The show uses the rampant sexism of the time to set up the major conflicts between Carter and her colleagues, and require her to work in secret, with enemies on all sides.  Carter is usually just minutes ahead of her enemies, who want to use Stark's weapons; and her colleagues, who are searching for the same weapons, but to implicate Stark instead of clearing him.  Carter would love to use her knowledge of Stark from their work during the War to help her colleagues; but Captain Roger and the other Keystone Cops think she was more likely his girlfriend than colleague, and happily conspire to keep her out of the loop.

She gets herself put back into the loop through a combination of pouring coffee for the boys, and impersonating a health inspector.  Carter has the advantage of being able to play any schtick, like a con woman with a Cause.  And she knows how to put a stapler and lipstick to good use.  When the show isn't showing Carter dealing with other people's gender hang-ups, it shows her using those hang-ups against her marks.  It's a great way to get things done without anyone realizing they've been played, and gives the viewers the fun of watching sexist pigs get their due when Carter outsmarts them (like the bad diner at the Automat).

But, does the show really think she's going to stay undetected by her boss and colleagues forever? Her colleagues, though slow, do connect dots eventually.  Sousa isn't stupid, which we know because he doesn't leave sensitive photos out on his desk, locking them in a drawer instead.  And while the Keystone Cops fret over dead Leet Brannis, Sousa finds someone's secret hotel room key in the dirt.  How long will he be fooled?  Even Meathead ends the show with a find of his own, namely the license plate from Howard Stark's now-disposed-of car, which will implicate Stark even further despite Carter's efforts.  For now, Carter has only Jarvis, who we know isn't being fully straight with her, maybe even using her to commit his own treason.

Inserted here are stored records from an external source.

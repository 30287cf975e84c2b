//! The numbers by which a line may name mailboxes.
ghost use Rattle.std.specs.Prelude.{◌≡◌};
ghost use Rattle.vme_script.specs.MailboxNumbers.{has_box, may_name};

use vme_grammar::Line;

/// The mailboxes that a script may name.
#[derive(Clone, Copy, Debug, PartialEq, Eq)]
pub enum MailboxNumbers {
    /// Any mailbox: the declared mailboxes are unknown.
    Any,
    /// The declared mailboxes, numbered from 1 to this count.
    Declared(usize),
}

impl MailboxNumbers {
    /// Whether `number` names a mailbox.
    fn has(self, number: u8) -> bool
        ensures { result ≡ has_box self number }
    {
        match self {
            MailboxNumbers::Any => true,
            MailboxNumbers::Declared(count) => 1 <= number && usize::from(number) <= count,
        }
    }

    /// Returns whether a line names only mailboxes that it may name.
    pub fn may_name(self, line: &Line) -> bool
        ensures named { result ≡ may_name self line.now }
    {
        match line {
            Line::Put { mailbox, .. } | Line::Take { mailbox } => self.has(*mailbox),
            _ => true,
        }
    }
}
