//! The configuration of a backplane.
ghost use Rattle.std.specs.Prelude.{◌≡◌, ◌<◌, ◌≤◌, length, slice_get, Some, IfOk, map, true};
ghost use Rattle.vme_arbiter.specs.Arbitration.{opening_bus};
ghost use Rattle.vme_script.specs.Answers.{Gives};
ghost use Rattle.vme_script.specs.Boards.{entries_of};
ghost use Rattle.vme_script.specs.Scripts.{script_within, script_in, scripts_of, has_slots};
ghost use Rattle.vme_script.specs.Configurations.{configuration_of, opening_memory};
ghost use Rattle.vme_script.specs.Lawful.{IsLawful};

use crate::arbiter::kind_named;
use crate::board::{BoardConfig, board_configs, map_of};
use crate::context::{MailboxDeclarations, ScriptContext};
use crate::fault::{ConfigFault, ScriptFault};
use crate::limits::MOST_BOARDS;
use crate::mailboxes::mailboxes_of;
use crate::schedule::schedule_of;
use crate::script::Script;
use std::alloc::Global;
use std::marker::Model;
use vme_arbiter::{Arbiter, ArbiterKind};
use vme_config_toml::{BoardTable, FileTable};
use vme_core::OutOfMemory;
use vme_decode::AddressMap;
use vme_memory::ByteMemory;
use vme_shared::Mailbox;

/// A checked configuration: the boards on one backplane in order of slots, the scripts of their
/// processors, the arbiter, the schedule and the mailboxes.
///
/// Every `Config` is the configuration of some file.
#[derive(Drop)]
pub struct Config {
    boards: Vec<BoardConfig>,
    scripts: Vec<Script>,
    map: AddressMap,
    arbiter: ArbiterKind,
    tries: u32,
    schedule: Vec<(u16, u32)>,
    rounds: u32,
    mailboxes: Vec<Mailbox>,
}

impl Model for Config {
    ghost use Rattle.std.specs.Prelude.{◌≡◌, Ok};
    ghost use Rattle.vme_script.specs.Boards.{entries_of};
    ghost use Rattle.vme_config_toml.specs.Files.{FileValues};
    ghost use Rattle.vme_script.specs.Configurations.{Configuration, configuration_of};

    ghost Value = { Configuration };

    ghost view = { λ c. record {
      boards = c.boards.items;
      scripts = c.scripts.items;
      arbiter = c.arbiter;
      tries = c.tries;
      schedule = c.schedule.items;
      rounds = c.rounds;
      mailboxes = c.mailboxes.items;
    } };

    ghost invariant = { λ c.
        (c.map ≡ entries_of c.boards.items)
        × ((file : FileValues) × (configuration_of file ≡ Ok (record {
          boards = c.boards.items;
          scripts = c.scripts.items;
          arbiter = c.arbiter;
          tries = c.tries;
          schedule = c.schedule.items;
          rounds = c.rounds;
          mailboxes = c.mailboxes.items;
        }))) };
}

impl Config {
    /// Returns the configuration of a file's values, or its first refusal.
    #[tactic(auto, unfolding(crate::specs::Configurations::configuration_of))]
    pub(crate) fn of(alloc: Global, file: &FileTable<'_>) -> Result<Config, ConfigFault>
        ensures { Gives (λ config. config) result (configuration_of file.now) }
    {
        if file.boards.is_empty() {
            return Err(ConfigFault::NoBoard);
        }
        if file.boards.len() > MOST_BOARDS {
            return Err(ConfigFault::TooMany);
        }
        let boards = board_configs(alloc, &file.boards)?;
        let map = map_of(alloc, &boards)?;
        let arbiter = kind_named(file.arbiter)?;
        let schedule = schedule_of(alloc, &boards, file)?;
        let mailboxes = mailboxes_of(alloc, &boards, &map, &file.mailboxes)?;
        let scripts = scripts_of(alloc, &file.boards, &map, &mailboxes)?;
        Ok(Config {
            boards,
            scripts,
            map,
            arbiter,
            tries: file.tries,
            schedule,
            rounds: file.rounds,
            mailboxes,
        })
    }
}

impl Config {
    /// Returns the number of boards.
    ///
    /// The contract also states that the configuration is lawful: for example 1 to 21 boards, each
    /// in a slot of its own, and ranges that share no address.
    pub fn boards(&self) -> usize
        ensures value { result ≡ length self.now.boards }
        ensures lawful { IsLawful self.now }
    {
        self.boards.len()
    }

    /// Returns what the file says of board `i`: its slot, level and addresses, and its class.
    pub fn board(&self, i: usize) -> BoardConfig
        requires { i < length self.now.boards }
        ensures { slice_get self.now.boards i ≡ Some result }
    {
        self.boards[i]
    }

    /// Returns the slot of board `i`, which is also the slot of its processor.
    pub fn slot(&self, i: usize) -> u16
        requires { i < length self.now.boards }
        ensures { slice_get (map (λ board. board.slot) self.now.boards) i ≡ Some result }
    {
        self.boards[i].slot
    }

    /// Returns the level, from 0 to 3, on which the processor of board `i` requests the bus.
    pub fn level(&self, i: usize) -> u8
        requires { i < length self.now.boards }
        ensures { slice_get (map (λ board. board.level) self.now.boards) i ≡ Some result }
    {
        self.boards[i].level
    }

    /// Returns the address map: the ranges at which the boards respond, in order of slots.
    pub fn map(&self) -> &AddressMap
        ensures { result.now ≡ entries_of self.now.boards }
    {
        &self.map
    }

    /// Returns the memory of board `i` before anything is written; every byte is zero.
    ///
    /// # Errors
    ///
    /// `OutOfMemory`: an allocation failed.
    pub fn memory(&self, alloc: Global, i: usize) -> Result<ByteMemory, OutOfMemory>
        requires { i < length self.now.boards }
        ensures { IfOk result (λ memory. slice_get (map opening_memory self.now.boards) i ≡ Some memory) }
    {
        let board = self.boards[i];
        match ByteMemory::new(alloc, board.entry.size, board.class) {
            Ok(memory) => Ok(memory),
            Err(_) => Err(OutOfMemory),
        }
    }

    /// Returns the script of the processor of board `i`.
    pub fn script(&self, i: usize) -> &Script
        requires { i < length self.now.boards }
        ensures { slice_get self.now.scripts i ≡ Some result.now }
    {
        &self.scripts[i]
    }

    /// Returns the greatest number of attempts at an `await`, a `lock`, a `put` or a `take`.
    pub fn tries(&self) -> u32
        ensures { result ≡ self.now.tries }
    {
        self.tries
    }

    /// Returns the schedule: slots of boards, each with a number of turns.
    pub fn schedule(&self) -> &[(u16, u32)]
        ensures { result.now ≡ self.now.schedule }
    {
        self.schedule.as_slice()
    }

    /// Returns an arbiter of the file's kind in its initial state.
    pub fn arbiter(&self) -> Arbiter
        ensures { result ≡ opening_bus self.now.arbiter }
    {
        Arbiter::of(self.arbiter)
    }

    /// Returns the number of rounds that follow the schedule. A round is one turn of each board's
    /// slot, in order of slots.
    pub fn rounds(&self) -> u32
        ensures { result ≡ self.now.rounds }
    {
        self.rounds
    }

    /// Returns the mailboxes. A script names them by their numbers, which begin at 1.
    pub fn mailboxes(&self) -> &[Mailbox]
        ensures { result.now ≡ self.now.mailboxes }
    {
        self.mailboxes.as_slice()
    }
}

/// The script of the processor in `slot`.
fn script_in(
    alloc: Global,
    slot: u16,
    text: &str,
    rules: &ScriptContext<'_>,
) -> Result<Script, ConfigFault>
    ensures { Gives (λ script. script) result (script_in slot (script_within rules.now text.now)) }
{
    match Script::within(alloc, text.as_bytes(), rules) {
        Ok(script) => Ok(script),
        Err(ScriptFault::Refused(refusal)) => Err(ConfigFault::BadScript { slot, refusal }),
        Err(ScriptFault::OutOfMemory) => Err(ConfigFault::OutOfMemory),
    }
}

/// The scripts of boards, each checked in the context of its board.
fn scripts_of(
    alloc: Global,
    boards: &[BoardTable<'_>],
    map: &AddressMap,
    mailboxes: &[Mailbox],
) -> Result<Vec<Script>, ConfigFault>
    requires { has_slots boards.now ≡ true }
    ensures { Gives (λ scripts. scripts.items) result (scripts_of map.now mailboxes.now boards.now) }
{
    let mut scripts = Vec::with_capacity(alloc, boards.len())?;
    for board in boards {
        let rules = ScriptContext::InFile(MailboxDeclarations {
            map,
            mailboxes,
            board: scripts.len(),
        });
        scripts.push(script_in(alloc, board.slot as u16, board.script, &rules)?)?;
    }
    Ok(scripts)
}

I don't know if Agent Carter will be able to do more than pay lip service to the idea of women's equality.  I don't know if the show's blatant cheerleading for women will translate into female characters who actually advance the plot.  I don't know if I like, or am tired of, using historical sexism to put a female character into a lonely, dangerous place.  The show wants to be both a monster-of-the-week and an issues show.  Which, I'm not opposed to.  But the show is setting up huge monsters, and we know that Carter and Stark will eventually join with others to set up an organization that can defeat them.  So, we know that Carter can't actually save the world on her own.  Are we going to see the transition from lone-woman-secret-agent to respected founder and leader of SHIELD?  Or, is Carter's only true ally going to be her lipstick?